From Jim Turner at the News Service of Florida:

Florida's $2.5 billion request for federal disaster relief for its agriculture industry after Hurricane Irma might not be enough.

Members of the House Select Committee on Hurricane Response and Preparedness said Thursday month-old damage estimates made by state officials are too low.

"I actually think your numbers are conservative," said Rep. Jared Moskowitz, a Coral Springs Democrat who called for a bipartisan letter to Congress supporting the emergency disaster relief that has been requested by Gov. Rick Scott and Agriculture Commissioner Adam Putnam. "You're probably looking at over $1 billion in damages to the citrus industry."

In an estimate of damages on Oct. 4, the state officials projected citrus losses at $761 million from the September storm, followed by the nursery industry at almost $624 million.

The cattle industry damage assessment was $237.5 million, while the dairy industry was estimated to have $11.8 million in losses.

The sugar industry appeared to have $383 million in damage, with an estimated 534,324 acres affected. Vegetable and fruit growers — excluding citrus — were projected to have $180 million in damage, with an estimated 163,679 acres impacted by the storm.

Grace Lovett, the legislative affairs director for the Florida Department of Agriculture and Consumer Services, told the committee Thursday the $2.5 billion estimate included infrastructure, equipment and other items beyond crop damages.
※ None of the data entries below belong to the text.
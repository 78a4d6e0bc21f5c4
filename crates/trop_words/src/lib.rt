//! The words of the command line: which command they spell.
//!
//! [`read_words`] answers a [`Command`] exactly where the words are in the table below, one row a command, in exactly
//! this order.
//! Numbers are decimal, without sign and without leading zeros. A key in square brackets may be left out.
//!
//! | Words | Range |
//! |---|---|
//! | `reduce`, `ext`, `tangent`, `check` | |
//! | `int [lean=on]` | |
//! | `op include`, `op equal`, `op join`, `op meet` | |
//! | `op forget var=NAME` | a name of at most 32 bytes |
//! | `trace turns=N` | 0 to 10,000 |
//! | `analyze mode=M [delay=N] [narrow=K]` | `max`, `min`, `mixed` or `zone`; 0 to 1,000, else 2; 0 to 100, else 0 |
//! | `sample seed=N vars=D rows=K` | 0 to 2,147,483,647; 1 to 31; 0 to 1,024 |
#![tactic(auto)]

mod command;
mod names;
mod numbers;
mod table;

pub use command::{BadWords, Command, Mode};
pub use table::read_words;

#[cfg(test)]
mod tests;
However, she noted that the department has noticed a number of trends, such as a slowdown in the movement of produce trucks.
"What they are seeing so far is staggering," Lovett said. "September produce shipments from Florida were 76 percent lower than their average over the previous four years."
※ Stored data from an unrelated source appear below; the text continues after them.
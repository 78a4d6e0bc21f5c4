//! Numbers among the words of a command: `key=number`, without sign and without leading zeros.
ghost use Rattle.std.specs.Prelude.{◌≡◌, ◌≢◌, ◌≤◌, ◌<◌, ◌^◌, ◌++◌, ℕ, List, decimal, MatchOption};
ghost use Rattle.trop_words.specs.Words.{key_word};

use itoa::Buffer;

// The text behind the key.
pub(crate) fn after_key<'a>(word: &'a str, key: &str) -> Option<&'a str>
    ensures { MatchOption result ((text : List ℕ) → word.now ≢ key.now ++ text)
        (λ text. word.now ≡ key.now ++ text.now) }
{
    word.strip_prefix(key)
}

// The number that the text writes, without sign and without leading zeros.
pub(crate) fn plain_number(text: &str) -> Option<u32>
    ensures { MatchOption result ((n : ℕ) → n < 2 ^ 32 → text.now ≢ decimal n) (λ n. text.now ≡ decimal n) }
{
    let number = text.parse::<u32>().ok()?;
    let mut buffer = Buffer::new();
    if buffer.format(number) == text {
        Some(number)
    } else {
        None
    }
}

// The number from `least` to `most` that the word gives behind the key.
pub(crate) fn key_number(word: &str, key: &str, least: u32, most: u32) -> Option<u32>
    ensures { MatchOption result
        ((n : ℕ) → least ≤ n → n ≤ most → word.now ≢ key_word key.now n)
        (λ n. (least ≤ n) × (n ≤ most) × (word.now ≡ key_word key.now n)) }
{
    let number = plain_number(after_key(word, key)?)?;
    if least <= number && number <= most {
        Some(number)
    } else {
        None
    }
}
Rep. Ben Albritton, a Wauchula Republican who is a citrus grower, said the costs will grow because storm-damaged fruit continues drop from the trees.

"It's like a disease in a way," Albritton said, adding, Irma "beat it up so bad that the connection between the fruit and the stem is weakened."

He added that growers who saw damages of more than 70 percent may find harvesting costs outweigh the return on sales.

Albritton said growers who have lost 80 to 90 percent of their crops essentially have a total loss.

Albritton suggested the committee, which is expected to roll out post-storm legislative proposals in December, consider state and local tax breaks for the industry.

Jim Handley, executive vice president of the Florida Cattlemen's Association, suggested opening publicly owned land for commercial cattle ranching to help the industry.

"The land would be better off, and it would expand our footprint," Handley said.

A week ago, the U.S. Department of Agriculture reduced its Florida citrus-harvest forecast for the current growing season, projecting there will be 27 percent fewer oranges and 40 percent fewer grapefruit than during the past season.

A series of hurricanes in 2004 and 2005 caused the industry to lose 44 percent of the crop.